-- INPUT RECORDS follows --

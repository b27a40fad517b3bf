ghost use Rattle.std.specs.Prelude.{◌≡◌, ℕ, ◌≤◌, ◌-◌, cond, ◌&&◌, slice_set};
ghost use Rattle.labels.specs.Sets.{has, limit};
ghost use Rattle.answer_laws.specs.Answers.{carried, none, noted};
ghost use Rattle.answers.specs.Table.{is_label, known, row_of};

use crate::row::{Row, with};
use crate::table::Answers;
use label_words::{contains, full_to, inserted, labels_of};
use labels::LIMIT;

/// Whether `label` has a row: whether it is one that there can be.
fn has_row(label: u8) -> bool
    ensures { result ≡ is_label label }
{
    (1..=LIMIT).contains(&(label as usize))
}

impl Answers {
    /// Nothing is known yet.
    pub fn new() -> Answers
        ensures { known result ≡ none }
    {
        Answers {
            rows: [Row::NOTHING; LIMIT],
        }
    }

    /// What is known of the swaps of `inside`, of the set, with the labels outside it.
    pub fn row(&self, inside: u8) -> Row
        ensures { result ≡ row_of self.now.rows inside }
    {
        if !has_row(inside) {
            return Row::NOTHING;
        }
        self.rows[inside as usize - 1]
    }

    /// What is known of the swaps of `outside` with the labels `insides` of the set.
    pub fn column(&self, outside: u8, insides: u64) -> Row
        ensures yes { (a : ℕ) → has result.yes a ≡ (has insides a && (known self.now).yes a outside) }
        ensures no { (a : ℕ) → has result.no a ≡ (has insides a && (known self.now).no a outside) }
    {
        let mut column = Row::NOTHING;
        for inside in labels_of(insides & full_to(LIMIT as u8)) {
            let row = self.row(inside);
            column.yes = with(column.yes, inside, contains(row.yes, outside));
            column.no = with(column.no, inside, contains(row.no, outside));
        }
        column
    }

    /// Puts another row in the place of that of `label`.
    fn put(&mut self, label: u8, row: Row)
        requires { (1 ≤ label) × (label ≤ limit) }
        ensures { self.new.rows ≡ slice_set self.old.rows (label - 1) row }
    {
        self.rows[label as usize - 1] = row;
    }

    /// Notes whether swapping `inside`, of the set, with `outside` leads to an independent set; nothing of labels that there cannot be.
    pub fn note(&mut self, inside: u8, outside: u8, answer: bool)
        ensures { known self.new ≡ cond (is_label inside && is_label outside) (noted (known self.old) inside outside answer) (known self.old) }
    {
        if has_row(inside) && has_row(outside) {
            self.put(inside, self.row(inside).noted(outside, answer));
        }
    }

    /// Keeps what is still known once `leaving` went out of `set` and `entering` came in; nothing changes where there cannot be such labels.
    pub fn carry(&mut self, set: u64, leaving: u8, entering: u8)
        ensures { known self.new ≡ cond (is_label leaving && is_label entering) (carried (known self.old) set leaving entering) (known self.old) }
    {
        if !has_row(leaving) || !has_row(entering) {
            return;
        }
        let gone = self.row(leaving);
        let two = inserted(inserted(0, leaving), entering);
        for label in labels_of(set & !two & full_to(LIMIT as u8)) {
            self.put(label, self.row(label).carried(gone, leaving, entering));
        }
        self.put(entering, gone.taken_over(leaving));
    }
}
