ghost use Rattle.std.specs.Prelude.{◌≡◌, ◌≤◌, length};
ghost use Rattle.labels.specs.Sets.{limit};

use labels::LIMIT;

/// A value for each of the labels 1, 2, .. in turn, as they were added.
#[derive(Drop)]
pub struct Entries<V> {
    // An array with its length beside: `ArrayVec` asks for `Default`, and that of an edge would be a loop, by hand, with no meaning.
    pub(crate) places: [V; LIMIT],
    pub(crate) used: u8,
    ghost whole: { length places ≡ limit },
    ghost fits: { used ≤ limit },
}
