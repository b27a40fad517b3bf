ghost use Rattle.std.specs.Prelude.{◌≡◌, ◌≤◌, length};
ghost use Rattle.entries.specs.Table.{entry_at, entry_or, values};
ghost use Rattle.labels.specs.Sets.{limit};

use crate::table::Entries;

impl<V: Copy> Entries<V> {
    /// How many labels have a value.
    pub fn len(&self) -> u8
        ensures is { result ≡ length (values self.now) }
        ensures few { result ≤ limit }
    {
        self.used
    }

    /// The value of `label`, if it has one.
    pub fn get(&self, label: u8) -> Option<V>
        ensures { result ≡ entry_at (values self.now) label }
    {
        let place = label.checked_sub(1)?;
        self.places[..self.used as usize]
            .get(place as usize)
            .copied()
    }

    /// The value of `label`, or `otherwise` where it has none.
    pub fn at(&self, label: u8, otherwise: V) -> V
        ensures { result ≡ entry_or (values self.now) otherwise label }
    {
        self.get(label).unwrap_or(otherwise)
    }
}
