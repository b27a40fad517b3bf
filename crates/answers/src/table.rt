ghost use Rattle.std.specs.Prelude.{◌≡◌, length};
ghost use Rattle.labels.specs.Sets.{limit};

use crate::row::Row;
use labels::LIMIT;

/// What is known of the swaps of a set: of each label in it with each label outside it.
#[derive(Drop)]
pub struct Answers {
    pub(crate) rows: [Row; LIMIT],
    ghost whole: { length rows ≡ limit },
}
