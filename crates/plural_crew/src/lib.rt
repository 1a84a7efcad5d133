//! The checker of clashes: concurrent reads, exclusive writes.
//!
//! Promise: `check` accepts a map exactly if no two instances that may run at the same time share a word that one of
//! them may write, and otherwise names the first clash (`specs/Clashes.antt`). An `Accepted` is seen as its map, and
//! keeps in its type that the map has no clash.
//! Stands on `plural_regions` (the least meeting of two regions), `plural_map` (tasks) and `plural_reach` (which tasks
//! are ordered, and which exclusive). The program runs accepted maps alone.
#![tactic(auto)]

mod accepted;
mod checking;
mod least;

pub use accepted::{Accepted, Clash};
pub use checking::check;
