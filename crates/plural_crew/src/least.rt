//! The least triple at which regions of two tasks meet, one of them a write region.
ghost use Rattle.std.specs.Prelude.{◌≡◌, ◌↔◌, IsTrue};
ghost use Rattle.std.specs.List.{All};
ghost use Rattle.plural_regions.specs.Search.{IsSearchable};
ghost use Rattle.plural_crew.specs.Search.{IsLeastOf, OneWrites, MeetWriting, MeetsSome, SomeMeet, is_less, lesser};

use plural_regions::{Meet, Mode, Region, meet};

fn is_less(m: Meet, n: Meet) -> bool
    ensures { result ≡ is_less m n }
{
    m.k < n.k || m.k == n.k && (m.l < n.l || m.l == n.l && m.a < n.a)
}

/// The lesser of two meetings, if they are there.
fn lesser(first: Option<Meet>, second: Option<Meet>) -> Option<Meet>
    ensures { result ≡ lesser first second }
{
    match first {
        None => second,
        Some(m) => match second {
            None => Some(m),
            Some(n) => { if is_less(n, m) { Some(n) } else { Some(m) } }
        },
    }
}

fn one_writes(r: &Region, s: &Region) -> bool
    ensures { IsTrue result ↔ OneWrites r.now s.now }
{
    r.mode == Mode::Write || s.mode == Mode::Write
}

/// The least meeting of two regions, if one of them is a write region.
fn meet_writing(r: &Region, q1: u32, s: &Region, q2: u32, same_task: bool) -> Option<Meet>
    requires first { IsSearchable r.now q1 }
    requires second { IsSearchable s.now q2 }
    ensures { IsLeastOf (MeetWriting r.now q1 s.now q2 same_task) result }
{
    if one_writes(r, s) {
        meet(r, q1, s, q2, same_task)
    } else {
        None
    }
}

/// The least meeting of a region with those of a list.
fn meets_some(r: &Region, q1: u32, regions: &[Region], q2: u32, same_task: bool) -> Option<Meet>
    requires first { IsSearchable r.now q1 }
    requires second { All (λ s. IsSearchable s q2) regions.now }
    ensures { IsLeastOf (MeetsSome r.now q1 regions.now q2 same_task) result }
{
    let mut least = None;
    for s in regions {
        least = lesser(least, meet_writing(r, q1, s, q2, same_task));
    }
    least
}

/// The least meeting of a region of one list with one of another.
pub(crate) fn some_meet(
    firsts: &[Region],
    q1: u32,
    seconds: &[Region],
    q2: u32,
    same_task: bool,
) -> Option<Meet>
    requires first { All (λ r. IsSearchable r q1) firsts.now }
    requires second { All (λ s. IsSearchable s q2) seconds.now }
    ensures { IsLeastOf (SomeMeet firsts.now q1 seconds.now q2 same_task) result }
{
    let mut least = None;
    for r in firsts {
        least = lesser(least, meets_some(r, q1, seconds, q2, same_task));
    }
    least
}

-- INPUT RECORDS concluded --

EXERCISE PROMPT: Collect the complete line wherever the string "contains" appears in the records.

RESULT OF THIS EXERCISE:
use label_words::{contains, full_to, inserted, labels_of};
    (1..=LIMIT).contains(&(label as usize))
            column.yes = with(column.yes, inside, contains(row.yes, outside));
            column.no = with(column.no, inside, contains(row.no, outside));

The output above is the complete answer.